_Stored items_
ghost use Rattle.std.specs.Prelude.{◌≡◌, ◌≤◌, IsSome, Some};
ghost use Rattle.jn_drive.specs.Built.{Writes};
ghost use Rattle.jn_drive.specs.Saved.{IsSaved};
ghost use Rattle.jn_drive.specs.Job.{Does};
ghost use Rattle.jn_drive.specs.Words.{named};
ghost use Rattle.jn_drive.specs.declared.words.JobKind.TheVariants.{Build};

use crate::halt::Halt;
use crate::put::{deliver, no_memory};
use crate::read::read_file;
use crate::run::built;
use crate::source::LIMIT;
use crate::status::Status;
use crate::words::Named;
use jn_imagefile::write_image;
use jn_io::{SaveFault, Sink, Store};
use sqlite_items::Items;
use std::alloc::Global;

/// The bytes of the image of the program in the job's file.
fn image_bytes<S: Store>(alloc: Global, job: &Named, store: &mut S) -> Result<Items<u8>, Halt>
    requires { job.now.kind ≡ Build }
    ensures writes { Writes (named job.now) (S.files store.old) (S.rest store.new)
        (S.read_faults store.old) (S.read_faults store.new) result }
    ensures files { S.files store.new ≡ S.files store.old }
    ensures saves { S.save_faults store.new ≡ S.save_faults store.old }
    ensures later { S.read_faults store.old ≤ S.read_faults store.new }
{
    let source = read_file(alloc, job.words.file.as_str(), LIMIT + 1, store)?;
    let image = built(alloc, source.as_slice())?;
    Ok(Items::from_vec(write_image(alloc, image.image())?))
}

/// Saves the bytes as the file of this name, and gives how that went.
fn save<S: Store, E: Sink>(name: &str, bytes: &[u8], store: &mut S, err: &mut E) -> Status
    ensures saved { IsSaved name.now bytes.now (S.files store.old) (S.files store.new)
        (S.save_faults store.old) (S.save_faults store.new)
        (record { taken = E.taken err.old; faults = E.faults err.old })
        (record { taken = E.taken err.new; faults = E.faults err.new })
        result }
    ensures rest { S.rest store.new ≡ S.rest store.old }
    ensures reads { S.read_faults store.new ≡ S.read_faults store.old }
    ensures later { S.save_faults store.old ≤ S.save_faults store.new }
{
    match store.save(name, bytes) {
        Ok(()) => Status::Done,
        Err(SaveFault::Failed) => Status::WriteFault,
        Err(SaveFault::Memory) => no_memory(err),
    }
}

/// The name of the file that `build` makes.
fn out_name(job: &Named) -> &str
    requires { IsSome (named job.now).out }
    ensures { (named job.now).out ≡ Some result.now }
{
    match &job.words.out {
        Some(name) => name.as_str(),
        None => unreachable!(),
    }
}

/// Saves the image of the program in the job's file, where its source is accepted.
pub fn build<S: Store, O: Sink, E: Sink>(
    alloc: Global,
    job: &Named,
    store: &mut S,
    out: &mut O,
    err: &mut E,
) -> Status
    requires kind { job.now.kind ≡ Build }
    requires out { IsSome (named job.now).out }
    ensures { Does (named job.now)
        (record {
          store = record {
            files = S.files store.old;
            rest = S.rest store.old;
            read_faults = S.read_faults store.old;
            save_faults = S.save_faults store.old;
          };
          out = record { taken = O.taken out.old; faults = O.faults out.old };
          err = record { taken = E.taken err.old; faults = E.faults err.old };
        })
        (record {
          store = record {
            files = S.files store.new;
            rest = S.rest store.new;
            read_faults = S.read_faults store.new;
            save_faults = S.save_faults store.new;
          };
          out = record { taken = O.taken out.new; faults = O.faults out.new };
          err = record { taken = E.taken err.new; faults = E.faults err.new };
        })
        result }
{
    match image_bytes(alloc, job, store) {
        Ok(bytes) => save(out_name(job), bytes.as_slice(), store, err),
        Err(halt) => deliver(Err(halt), out, err),
    }
}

_Activity_
Please go through the entries and show every line with the word "Sink".

_Output of the exercise_
use jn_io::{SaveFault, Sink, Store};
fn save<S: Store, E: Sink>(name: &str, bytes: &[u8], store: &mut S, err: &mut E) -> Status
pub fn build<S: Store, O: Sink, E: Sink>(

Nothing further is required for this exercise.